▸ Problem description
Show all lines below holding the string "KeepsCopy".
━━━━
//! What workers are given to do, how one alone does it, and where several find it.
//!
//! # Choices
//!
//! - A type that outlives a list can't name its length, so the rule of a deque asks nothing of the indices in it, and a
//!   worker compares each that it takes with the length.
#![tactic(auto)]

mod gates;
mod in_order;
mod push_logs;
mod tasks;
mod works;

pub use gates::{FreeGate, Gate};
pub use in_order::exchange_all;
pub use tasks::Tasks;
pub use works::{Batch, Done, Work};
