//! What the laws ask for comes about, on two rings of three nodes, and before it does their conclusions fail. The calls
//! do nothing.

ghost use Rattle.std.specs.Prelude.{◌≡◌, ℕ, ◌<◌, ◌≤◌, Bool, true, false, slice_get, Some, IsSomeAnd};
ghost use Rattle.bench_types.specs.Mark.{IsUpTo};
ghost use Rattle.bench_types.specs.declared.exchanges.Mode.{Mode};
ghost use Rattle.scenario.specs.Settings.{IsLawfulScenario, with_mode};
ghost use Rattle.model.specs.Candidates.{IsScuttleMode};
ghost use Rattle.model.specs.ExchangeLaws.{LosesNothing};
ghost use Rattle.model.specs.Fresh.{HasOwnPart};
ghost use Rattle.model.specs.Table.{greatest_mark};
ghost use Rattle.round_plan.specs.Generations.{generation_upto};
ghost use Rattle.round_plan.specs.Outages.{restarts_now};
ghost use Rattle.round_plan.specs.Plan.{exchange_of, round_list_of};
ghost use Rattle.run_laws.specs.CatchingUp.{AllArePassedOn, IsPassedOn, KeepsCopy};
ghost use Rattle.run_laws.specs.Floors.{CutsNothingBefore, CutsNothingUpTo};
ghost use Rattle.run_laws.specs.Formats.{NeverForgets};
ghost use Rattle.run_laws.specs.Healing.{Moment, AnswersWhole, AreQuietAfter, HaveWrittenSince, IsAmple, IsFreshAt, IsHealed, IsUpToMoment, LeavesCopy, SendsOwnPartAt, table_at_moment};
ghost use Rattle.played_rounds.specs.Outcomes.{figures_in, row_in};
ghost use Rattle.run_laws.specs.Paths.{HandsOn, IsReached, SendsCopyAt};
ghost use Rattle.cluster.specs.Rounds.{records_in};
ghost use Rattle.run_laws.specs.calls.SmallRings.{ring_of_three, ring_that_loses, having_written, meeting, having_met, having_restarted};

/// The rings keep the limits of scenarios, and cut nothing under any mode. On one of them node 0 restarts and never
/// forgets.
pub fn rings_are_lawful()
    ensures lawful { (forget : Bool) → IsLawfulScenario (ring_of_three forget) }
    ensures ample { (forget : Bool) → IsAmple (ring_of_three forget) }
    ensures uncut { (forget : Bool) (mode : Mode) → CutsNothingUpTo (with_mode (ring_of_three forget) mode) 3 }
    ensures uncut_before { (forget : Bool) → CutsNothingBefore (ring_of_three forget) having_met }
    ensures scuttle { (forget : Bool) → IsScuttleMode (ring_of_three forget).mode }
    ensures never { NeverForgets (ring_of_three false) }
    ensures keeps_own { (restarts_now (ring_of_three false) 0 1 ≡ true) × KeepsCopy (ring_of_three false) 0 0 1 }
{}

/// Rounds 2 and 3 are quiet, and in each of them all meet. Where node 0 has forgotten in round 1 it has written since.
/// After round 1 the copies aren't healed, and something is stale for a round. In round 4, behind the quiet ones, node 0
/// restarts, and its copies aren't fresh; where it forgets, as it doesn't write, something is left over.
pub fn rings_grow_quiet()
    ensures quiet { (forget : Bool) → AreQuietAfter (ring_of_three forget) 1 }
    ensures exchanges { (forget : Bool) → (row_in (ring_of_three forget) 2).exchanges ≡ 3 }
    ensures forgot { generation_upto (ring_of_three true) 0 3 ≡ 1 }
    ensures since { HaveWrittenSince (ring_of_three true) 3 }
    ensures unhealed { (forget : Bool) → IsHealed (ring_of_three forget) 1 → ⊥ }
    ensures lags { (forget : Bool) → 1 ≤ (figures_in (ring_of_three forget) 1).greatest }
    ensures restarts { (forget : Bool) → IsFreshAt (ring_of_three forget) having_restarted 0 2 → ⊥ }
    ensures left_over { 1 ≤ (figures_in (ring_of_three true) 4).leftover }
{}

/// Round 2 begins with an exchange of nodes 0 and 2. It loses nothing, and brings what node 2 has written, which nobody
/// else had. Where all is lost nothing is handed on.
pub fn exchanges_come_whole()
    ensures listed { (forget : Bool)
        → slice_get (round_list_of (ring_of_three forget) 2).exchanges 0
        ≡ Some (exchange_of (ring_of_three forget) 2 0) }
    ensures ends { (forget : Bool) → LosesNothing (exchange_of (ring_of_three forget) 2 0) }
    ensures answered { (forget : Bool)
        → IsSomeAnd (slice_get (records_in (ring_of_three forget) 2) 0) AnswersWhole }
    ensures written { (forget : Bool) → HasOwnPart (table_at_moment (ring_of_three forget) having_written 2) }
    ensures sends_own { (forget : Bool) → SendsOwnPartAt (ring_of_three forget) meeting 0 2 0 }
    ensures sends_copy { (forget : Bool) (owner : ℕ) → SendsCopyAt (ring_of_three forget) meeting 0 owner 2 0 }
    ensures hands_on { (forget : Bool) (owner : ℕ) → HandsOn (ring_of_three forget) meeting owner 2 0 }
    ensures leaves { (forget : Bool) → LeavesCopy (ring_of_three forget) 0 2 3 }
    ensures losing { IsLawfulScenario ring_that_loses }
    ensures hands_nothing { (m : Moment) (owner from to : ℕ) → HandsOn ring_that_loses m owner from to → ⊥ }
    ensures unfresh { (forget : Bool) (n : ℕ) → n < 2 → IsFreshAt (ring_of_three forget) having_written n 2 → ⊥ }
{}

/// What node 2 has written comes to node 1 by way of node 0, before these two meet. By the end of round 2 all that was
/// written in round 1 has come to all.
pub fn paths_lead_on()
    ensures upto { IsUpToMoment having_written having_met }
    ensures reached { (forget : Bool) → IsReached (ring_of_three forget) 2 having_met 1 }
    ensures passed_on { (forget : Bool) → IsPassedOn (ring_of_three forget) 2 having_written having_met 1 }
    ensures all { (forget : Bool) → AllArePassedOn (ring_of_three forget) 1 2 }
    ensures lags { (forget : Bool) (n : ℕ) → n < 2
        → IsUpTo (greatest_mark (table_at_moment (ring_of_three forget) having_written 2) 2)
        (greatest_mark (table_at_moment (ring_of_three forget) having_written n) 2) → ⊥ }
{}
━━━━
▸ Response for this exercise
ghost use Rattle.run_laws.specs.CatchingUp.{AllArePassedOn, IsPassedOn, KeepsCopy};
    ensures keeps_own { (restarts_now (ring_of_three false) 0 1 ≡ true) × KeepsCopy (ring_of_three false) 0 0 1 }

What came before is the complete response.